═══ Extracted information ═══
// A space without calls: what it is promised, what is noted and what is sealed; a call that fails over an open group; calls of a
// space, over blocks that tell nothing; the holds that entries leave, and those of pieces of a file. The volume is the one that `mk --blocks 4096` makes, with 529 used
// blocks.
ghost use Rattle.std.specs.Prelude.{◌≡◌, ◌≢◌, ◌≤◌, ◌<◌, ◌+◌, ◌*◌, ◌^◌, ℕ, length, true, IsTrue, IfOk};
ghost use Rattle.std.specs.Vec.{vec_capacity};
ghost use Rattle.bfs_txn.specs.Changed.{number_at};
ghost use Rattle.bfs_base.specs.Lists.{times};
ghost use Rattle.bfs_super.specs.Conditions.{IsValid};
ghost use Rattle.bfs_tree.specs.Answers.{KeepsRanges};
ghost use Rattle.bfs_tree.specs.declared.call.Call.TheVariants.{Sync};
ghost use Rattle.bfs_space.specs.Holds.{keeps_holds};
ghost use Rattle.bfs_space.specs.Looks.{is_served};

use bfs_bitmap::Bitmap;
use bfs_node::TreeFault;
use bfs_space::{
    Allowance, Answers, CallFault, Calls, Looked, Outcome, Space, answer_call, note_holds,
};
use bfs_stream_pages::MapFault;
use bfs_super::{Super, SuperFault};
use bfs_tree::{Bytes, Call, Entry, FoundRow, Hold, Key, KeyKind, MakeKind, Reply};
use bfs_txn::{Blocks, Changed, Edits, MemBlocks};
use bfs_volume_fixtures::{Shape, Silent, new_volume, run};
use std::alloc::{AllocError, Global};
use std::test::Fail;

/// The volume's superblock.
fn superblock() -> Result<Super, SuperFault>
    ensures valid { IfOk result IsValid }
{
    let shape = Shape {
        size: 1024,
        shift: 10,
        blocks: 4096,
        groups: 1,
        used: 529,
        start: 0,
        log: run(2, 512),
        root: run(514, 1),
        indices: run(517, 1),
    };
    shape.superblock()
}

/// Notes an entry of session 1 for which it is promised room first.
fn notes(
    space: &mut Space,
    tag: u32,
    now: u64,
    reply: Reply,
    durable: u64,
) -> Result<(), AllocError>
    requires none { times 1 space.old.promised ≡ 0 }
    requires now { now < 2 ^ 40 }
    ensures none { times 1 space.new.promised ≡ 0 }
{
    space.promise(1)?;
    space.note(1, tag, now, Call::Sync, reply, durable);
    Ok(())
}

/// The first and the last entry of the group that is sealed, its used blocks and how many blocks it has; zeros where there is
/// none.
fn seals(space: &mut Space) -> (u64, u64, u64, usize)
    ensures promised { space.new.promised ≡ space.old.promised }
{
    match space.seal() {
        Some(group) => (group.first, group.last, group.used, group.blocks.len()),
        None => (0, 0, 0, 0),
    }
}

/// Seals four times: before any entry, after two, again, and after two more once the first two have left the log. What is told of each.
fn seals_between(space: &mut Space) -> Result<[(u64, u64, u64, usize); 4], AllocError>
    requires none { times 1 space.old.promised ≡ 0 }
{
    let before = seals(space);
    notes(space, 7, 1000, Reply::Synced { upto: 0 }, 0)?;
    notes(space, 8, 1000, Reply::Synced { upto: 1 }, 1)?;
    let first = seals(space);
    let again = seals(space);
    space.released(2);
    notes(space, 9, 999, Reply::Synced { upto: 2 }, 2)?;
    notes(space, 10, 1001, Reply::Synced { upto: 3 }, 3)?;
    Ok([before, first, again, seals(space)])
}

/// How many entries there are, and the stamps of the first four.
fn stamps_of(history: &[Entry]) -> (usize, [i64; 4]) {
    let mut stamps = [0i64; 4];
    for i in 0..history.len().min(4) {
        stamps[i] = history[i].stamp;
    }
    (history.len(), stamps)
}

#[test]
fn what_is_promised_is_noted_with_rising_stamps_and_sealed_once(
    rt: HostRuntime,
) -> Result<(), Fail> {
    let sup = superblock()?;
    assert_eq!(rt; sup.log_start, 0);
    assert_eq!(rt; sup.log_end, 0);
    assert_eq!(rt; sup.used_blocks, 529);
    assert_eq!(rt; sup.num_blocks, 4096);
    let mut space = Space::open(rt.alloc(), sup, 1)?;
    let sealed = seals_between(&mut space)?;
    let (count, stamps) = stamps_of(&space.into_history());
    assert_eq!(rt;
        sealed,
        [(0, 0, 0, 0), (1, 2, 529, 0), (0, 0, 0, 0), (3, 4, 529, 0)]
    );
    assert_eq!(rt; count, 4);
    assert_eq!(rt; stamps, [65536000, 65536001, 65536002, 65601536]);
    Ok(())
}

/// Changes one block, and has no answer, as if it wanted memory.
#[derive(Drop)]
struct Failing {
    block: u64,
}

impl Answers for Failing {
    ghost use Rattle.bfs_space.specs.Holds.{keeps_holds};

    ghost serves = { keeps_holds };

    ghost may = { λ sup call. Unit {0} };

    fn look<E: Edits>(
        &self,
        _alloc: Global,
        _sup: &Super,
        _bitmap: &mut Bitmap,
        _edits: &mut E,
        _holds: &[Hold],
        _call: &Call,
    ) -> Result<Looked, MapFault> {
        Err(TreeFault::NoMemory)
    }

    fn answer<E: Edits>(
        &self,
        alloc: Global,
        sup: &Super,
        _bitmap: &mut Bitmap,
        edits: &mut E,
        _holds: &[Hold],
        _call: &Call,
        _stamp: i64,
    ) -> Result<Reply, MapFault> {
        let Ok(bytes) = vec![in alloc; 7u8; sup.block_size as usize] else {
            return Err(TreeFault::NoMemory);
        };
        match edits.set(self.block, &bytes) {
            Ok(()) => Err(TreeFault::NoMemory),
            Err(_) => Err(TreeFault::NoMemory),
        }
    }
}

/// Whether a call was refused for the reason that `Failing` has.
fn is_refused(answer: &Result<Reply, CallFault>) -> bool {
    matches!(answer, Err(CallFault::Map(TreeFault::NoMemory)))
}

/// A hold of another session.
const HELD: Hold = Hold {
    session: 2,
    id: 600,
    at: 0,
    length: 1,
    write: true,
};

#[test]
fn what_a_failed_call_changed_is_given_up(rt: HostRuntime) -> Result<(), Fail> {
    let alloc = rt.alloc();
    let sup = superblock()?;
    let size = sup.block_size;
    assert_eq!(rt; size, 1024);
    assert_eq!(rt; sup.log_blocks.len, 512);
    let answers = Failing { block: 600 };
    let holds = [HELD];
    let (refused, changed, used) = {
        let mut under = Silent {
            blocks: MemBlocks::new(vec![in alloc; 0u8; 8192]?, size),
        };
        let mut bitmap = Bitmap::of(alloc, &sup);
        let mut group = Changed::new(alloc);
        let answer = answer_call(
            alloc,
            &sup,
            &answers,
            &mut bitmap,
            &mut group,
            &mut under,
            &holds,
            &Call::IndexList,
            0,
            Allowance {
                logged: 1,
                taken: 1,
            },
        );
        (is_refused(&answer), group.len(), bitmap.used())
    };
    assert!(rt; refused);
    assert_eq!(rt; changed, 0);
    assert_eq!(rt; used, 529);
    Ok(())
}

/// A new volume, mounted over its blocks.
#[derive(Drop)]
struct Mount {
    space: Space,
    under: Silent,
    ghost size: { under.blocks.block_size ≡ space.view.sup.block_size },
    ghost kilo: { under.blocks.block_size ≡ 1024 },
}

/// Mounts a volume by its bytes.
fn mounts(alloc: Global, bytes: Vec<u8>, blocks: usize) -> Result<Option<Mount>, Fail>
    requires some { 1 ≤ blocks }
    requires few { blocks ≤ 4096 }
{
    if bytes.len() != 1024 * blocks {
        return Ok(None);
    }
    let mut sector = [0u8; 512];
    sector.copy_from_slice(&bytes[512..1024]);
    let Ok(sup) = Super::parse(&sector) else {
        return Ok(None);
    };
    let geometry = sup.geometry();
    if sup.block_size != 1024 || sup.log_start != sup.log_end || geometry.used > geometry.blocks {
        return Ok(None);
    }
    let space = Space::open(alloc, sup, 1)?;
    let under = Silent {
        blocks: MemBlocks::new(bytes, 1024),
    };
    Ok(Some(Mount { space, under }))
}

/// The id in the first of some rows, or 0.
fn first_id(rows: &[FoundRow]) -> u64 {
    match rows.first() {
        Some(row) => row.id,
        None => 0,
    }
}

/// What a reply says in three numbers.
fn told_by(reply: &Reply) -> (u8, u64, u64) {
    match reply {
        Reply::Made { id } => (1, *id, 0),
        Reply::Exists => (2, 0, 0),
        Reply::NoSpace { free, needed } => (3, *free, *needed),
        Reply::NoLogRoom { blocks, room } => (4, *blocks, *room),
        Reply::Done => (6, 0, 0),
        Reply::Info { info } => (7, u64::from(info.mode), info.parent),
        Reply::Names { names } => (8, names.as_slice().len() as u64, 0),
        Reply::NotLink => (10, 0, 0),
        Reply::NotFound => (11, 0, 0),
        Reply::Attr { kind, bytes } => (12, u64::from(*kind), bytes.as_slice().len() as u64),
        Reply::Attrs { rows } => (13, rows.as_slice().len() as u64, 0),
        Reply::NoAttr => (14, 0, 0),
        Reply::Indices { rows } => (15, rows.as_slice().len() as u64, 0),
        Reply::Rows { rows } => (16, rows.as_slice().len() as u64, first_id(rows.as_slice())),
        Reply::KeyKind => (17, 0, 0),
        Reply::NoIndex => (18, 0, 0),
        Reply::NotEmpty => (19, 0, 0),
        Reply::BuiltIn => (20, 0, 0),
        Reply::NotDir => (21, 0, 0),
        Reply::TooBig => (22, 0, 0),
        Reply::NotFile => (23, 0, 0),
        Reply::Held { session } => (24, u64::from(*session), 0),
        Reply::NameBad => (25, 0, 0),
        Reply::FloatIndex => (26, 0, 0),
        Reply::IndexCount => (27, 0, 0),
        Reply::Inside => (28, 0, 0),
        Reply::PastEnd { size } => (29, *size, 0),
        _ => (0, 0, 0),
    }
}

/// What the last reply says.
fn last_told(space: &Space) -> (u8, u64, u64) {
    match space.history().last() {
        Some(entry) => told_by(&entry.reply),
        None => (0, 0, 0),
    }
}

/// The reply to a call; or that it is put off.
fn replies(mount: &mut Mount, tag: u32, call: Call) -> Result<(u8, u64, u64), AllocError>
    requires serves { is_served call ≡ true }
    requires stays { keeps_holds call ≡ true }
    requires ranges { KeepsRanges call }
    requires other { call ≢ Sync }
{
    let answers = Calls {};
    match mount
        .space
        .call(&answers, &mut mount.under, 1, tag, 1000, call)?
    {
        Outcome::Replied => Ok(last_told(&mount.space)),
        Outcome::Drain(_) => Ok((5, 0, 0)),
    }
}

/// What becomes of the call for a node with a name of one letter in a directory: its reply, or that it is put off.
fn asks(
    alloc: Global,
    mount: &mut Mount,
    dir: u64,
    name: u8,
    kind: MakeKind,
) -> Result<(u8, u64, u64), AllocError> {
    let mut letters = Vec::new(alloc);
    letters.push(name)?;
    let call = Call::Make {
        dir,
        name: Bytes::new(letters),
        kind,
        mode: 0o755,
    };
    replies(mount, 1, call)
}

/// The reply to a call that is answered in any case: a mode is set, a record is read, or a directory's list, or a link's target.
fn asks_of(mount: &mut Mount, which: u8, id: u64) -> Result<(u8, u64, u64), AllocError> {
    let call = match which {
        0 => Call::SetMode {
            id,
            mode: 0o600,
            uid: 1,
            gid: 2,
        },
        1 => Call::Stat { id },
        2 => Call::List { dir: id },
        _ => Call::ReadLink { id },
    };
    replies(mount, 2, call)
}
═══
Exercise description:
Using the records above, copy word for word the line with "let mut bitmap", the line with "in three numbers.", and every line between them.

Answer space:
        let mut bitmap = Bitmap::of(alloc, &sup);
        let mut group = Changed::new(alloc);
        let answer = answer_call(
            alloc,
            &sup,
            &answers,
            &mut bitmap,
            &mut group,
            &mut under,
            &holds,
            &Call::IndexList,
            0,
            Allowance {
                logged: 1,
                taken: 1,
            },
        );
        (is_refused(&answer), group.len(), bitmap.used())
    };
    assert!(rt; refused);
    assert_eq!(rt; changed, 0);
    assert_eq!(rt; used, 529);
    Ok(())
}

/// A new volume, mounted over its blocks.
#[derive(Drop)]
struct Mount {
    space: Space,
    under: Silent,
    ghost size: { under.blocks.block_size ≡ space.view.sup.block_size },
    ghost kilo: { under.blocks.block_size ≡ 1024 },
}

/// Mounts a volume by its bytes.
fn mounts(alloc: Global, bytes: Vec<u8>, blocks: usize) -> Result<Option<Mount>, Fail>
    requires some { 1 ≤ blocks }
    requires few { blocks ≤ 4096 }
{
    if bytes.len() != 1024 * blocks {
        return Ok(None);
    }
    let mut sector = [0u8; 512];
    sector.copy_from_slice(&bytes[512..1024]);
    let Ok(sup) = Super::parse(&sector) else {
        return Ok(None);
    };
    let geometry = sup.geometry();
    if sup.block_size != 1024 || sup.log_start != sup.log_end || geometry.used > geometry.blocks {
        return Ok(None);
    }
    let space = Space::open(alloc, sup, 1)?;
    let under = Silent {
        blocks: MemBlocks::new(bytes, 1024),
    };
    Ok(Some(Mount { space, under }))
}

/// The id in the first of some rows, or 0.
fn first_id(rows: &[FoundRow]) -> u64 {
    match rows.first() {
        Some(row) => row.id,
        None => 0,
    }
}

/// What a reply says in three numbers.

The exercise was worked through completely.